EKONOMI (RA) - Rencana pemerintah menaikan harga rokok hingga Rp50 ribu per bungkus disambut sinis asosiasi petani tembakau. Begitu juga konsumen yang tak lain perokok. Usulan yang menjadi berbincangan hangat di tengah masyarakat itu dinilai kurang pas. "Kasihan konsumen kalau harga rokok segitu (begitu tinggi,red)," kata Ketua Dewan Pengurus Daerah Asosiasi Petani Tembakau Indonesia Daerah Istimewa Yogyakarta, Sunaryo dikonfirmasi wartawan, Senin (22/8/2016).
Selain itu, kata dia, kenaikan harga rokok yang mencapai dua kali lipat itu tidak berimbas pada petani tembakau.
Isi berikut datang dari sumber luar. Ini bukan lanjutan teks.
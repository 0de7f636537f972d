// What is read: a section and how its fields are laid out, and of an entry where it stands and its bytes.
ghost use Rattle.std.specs.Prelude.{T};
ghost use Rattle.format.specs.Machine.{is_word_size};

// How fields are laid out: those of debug_frame or of eh_frame, and how many bytes a word has.
// Kept: a bool, and not `format::Section`, here and in what takes it: the definitions (header_id, is_header, records, parse_header) take a Bool, and each
// clause would name the test of the enum for it.
#[derive(Clone, Copy)]
pub struct Layout {
    pub debug: bool,
    pub word: u64,
    pub ghost is_word: { T (is_word_size word) },
}

// A section, and its relocations, which only a debug_frame asks.
#[derive(Clone, Copy)]
pub struct Section<'a> {
    pub bytes: &'a [u8],
    pub relocations: &'a [u64],
    pub layout: Layout,
}

// A section as its records find their headers: its bytes, and the relocations, which only a debug_frame asks.
// None of this depends on the word, so none is asked for.
#[derive(Clone, Copy)]
pub struct Links<'a> {
    pub bytes: &'a [u8],
    pub relocations: &'a [u64],
    pub debug: bool,
}

// Where an entry of a section starts and ends, or an entry's operations.
// Kept: that a section holds the entry is a clause (`Holds`) of 17 functions, in entries and location, in section_check and in reads, and no field. In a struct of an entry,
// its section and that fact, six of them (`parse`, reads' `locate_entries` and `header_start`, section_check's `header_of`, `answers_at` and `passes`)
// have in its place the clause that two sections are one, and what `Entries` and `Records` give is four words in place of two.
#[derive(Clone, Copy)]
pub struct Span {
    pub at: usize,
    pub end: usize,
}

// The bytes behind an entry's length.
#[derive(Clone, Copy)]
pub struct Body<'a> {
    pub bytes: &'a [u8],
    pub layout: Layout,
}
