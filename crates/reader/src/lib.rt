// The reader: from the bytes of a section to the rules at an offset of a record's function. entries, fields and location find the record
// and its header (61 to 64), run goes over their operations (66 to 69), shortest tells how their numbers are spelled,
// and cursor goes from entry to entry.
#![tactic(auto)]

ghost use Rattle.std.specs.Prelude.{◌≡◌};
ghost use Rattle.format.specs.Coded.{numbered};
ghost use Rattle.format.specs.Reader.{read};
ghost use Rattle.reader.specs.Finds.{LaidOut, SectionOf, Locates, locate_in, in_section, rules_from, shortest_from};

use crate::location::Located;
use crate::section::{Layout, Section};
use format::{Question, Rules};

pub mod cursor;
pub mod entries;
pub mod fields;
pub mod location;
pub mod operation;
pub mod records;
pub mod run;
pub mod section;
pub mod shortest;
pub mod state;

// Question 11.
pub fn layout_of(kind: u64, word: u64) -> Option<Layout>
    ensures { LaidOut kind word result }
{
    if numbers::is_word(word) && kind <= 1 {
        return Some(Layout {
            debug: kind == 1,
            word,
        });
    }
    None
}

// A section, where its fields are laid out by a kind and a word.
pub fn section_of<'a>(
    bytes: &'a [u8],
    relocations: &'a [u64],
    kind: u64,
    word: u64,
) -> Option<Section<'a>>
    ensures { SectionOf bytes.now relocations.now kind word result }
{
    let layout = layout_of(kind, word)?;
    Some(Section {
        bytes,
        relocations,
        layout,
    })
}

// Kept: the parameters of `locate` and `read` one by one, as `unwind` has them from C.
// Where the operations of record k and of its header are: questions 11 and 61 to 64. A caller who asks for several registers or offsets of
// one record passes over the section once.
pub fn locate(
    section: &[u8],
    relocations: &[u64],
    kind: u64,
    word: u64,
    k: u64,
) -> Result<Located, Question>
    ensures { Locates section.now word result (locate_in section.now relocations.now kind word k) }
{
    // Kept: `let .. else`, which document 01 names for the answers of headers and LEB numbers (docs/DECISIONS.md), on the other answers here and in
    // location too: each is asked once, and the refusal is named beside it.
    let Some(section) = section_of(section, relocations, kind, word) else {
        return Err(Question::Interface);
    };
    section.locate(k)
}

// Numbers whose positions lie in the section, and whose word is one.
#[tactic(auto, unfolding(crate::specs::Finds::in_section))]
pub fn in_section(section: &[u8], l: Located) -> bool
    ensures { result ≡ in_section section.now l }
{
    l.header <= l.header_end
        && l.header_end <= section.len()
        && l.record <= l.record_end
        && l.record_end <= section.len()
        && numbers::is_word(l.word)
}

// The CFA rule, register q's rule and the signing state at offset p from what `locate` found: questions 65 to 69. Other numbers than its
// answers are taken too; those that lie in no section are 64.
pub fn rules_at(section: &[u8], l: Located, q: u16, p: u64) -> Result<Rules, Question>
    ensures { numbered result ≡ rules_from section.now l q p }
{
    if !in_section(section, l) {
        return Err(Question::Fields);
    }
    if l.size <= p {
        return Err(Question::Offset);
    }
    run::run(section, &l, p, q)
}

// Whether every number that `rules_at` reads is spelled shortest; those of the fields were looked at by `locate`.
// Kept: the two runs one behind the other. Tried with `operations().iter().all(..)`: what `all` asks of each turn stayed open, since that a span lies in
// the section is known of the fields, and not of a member of the list.
pub fn shortest_at(section: &[u8], l: Located, p: u64) -> bool
    ensures { result ≡ shortest_from section.now l p }
{
    if !in_section(section, l) {
        return false;
    }
    if !l.shortest {
        return false;
    }
    if !shortest::run(&section[l.header..l.header_end], l.word, p) {
        return false;
    }
    shortest::run(&section[l.record..l.record_end], l.word, p)
}

// The rules of record k at offset p, or the question answered by no.
pub fn read(
    section: &[u8],
    relocations: &[u64],
    kind: u64,
    word: u64,
    k: u64,
    q: u16,
    p: u64,
) -> Result<Rules, Question>
    ensures { numbered result ≡ read section.now relocations.now kind word k q p }
{
    let l = locate(section, relocations, kind, word, k)?;
    rules_at(section, l, q, p)
}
Sebab, selama ini kenaikan harga rokok tak diimbangi dengan kenaikan harga tembakau milik petani.
"Yang dulu misalnya rokok Gudang Garam seharga Rp 6.000, harga tembakau rata-rata Rp 60 ribu perkilo.
Kemudian harga rokok dinaikan jadi Rp 10.000, harga tembakau tetap," ujarnya. Artinya, lanjut dia, kenaikan harga rokok tidak memberi keuntungan petani tembakau. Menurutnya ada lebih dari 6 juta petani tembakau yang tersebar di Indonesia. Menurutnya, pemerintah sudah mengambil cukai cukup tinggi.
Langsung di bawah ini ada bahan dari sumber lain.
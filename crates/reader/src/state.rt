// The state of a run: the rules that hold, and the stored ones.
ghost use Rattle.std.specs.Prelude.{◌≡◌, ◌≤◌, length};

use format::Rules;

// The rules that hold, and the `depth` rules stored, the last at depth - 1.
// An array and its count: this type is Copy, which ArrayVec is not.
// Kept: the followed register and its rule after the header go beside it to `restore`, `act` and `perform`.
// They stay the same in a run over an entry's operations: as fields of the state they would be in what each of
// the eight steps may change, and the contract of each would say that they do not.
#[derive(Clone, Copy)]
pub struct State {
    pub rules: Rules,
    pub depth: usize,
    pub stored: [Rules; 16],
    pub ghost deep: { depth ≤ 16 },
    pub ghost long: { length stored ≡ 16 },
}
"Pemerintah itu kan sudah banyak mengambil cukai, sudah ratusan triliun per tahun kok," centilnya.
Jika harga rokok ditetapkan 50 ribu per bungkus, kata dia, berimbas juga pada pabrik rokok. "Pabrik rokok nanti juga ikutan susah mikir pajak yang tinggi," imbuhnya.
Sunaryo berharap wacana yang berkembang itu perlu dikaji ulang. Pihaknya tidak mempermasalahkan jika kenaikan harga rokok di bawah empat persen. "Paling kalau naik ya cukup dua atau paling tinggi empat persen.
Jangan terus menonjak tinggi banget, kasihan petani tembakau juga," tandasnya. Sebagian besar perokok tidak sepakat dengan kenaikan harga tersebut. Meski baru wacana, tapi sudah membuat resah.
Mereka melampiaskan kekecewaan dengan beragam cara, mulai dari menulis kritik di media sosial hingga obrolan hangat di tengah rutinitas.(okezone.com)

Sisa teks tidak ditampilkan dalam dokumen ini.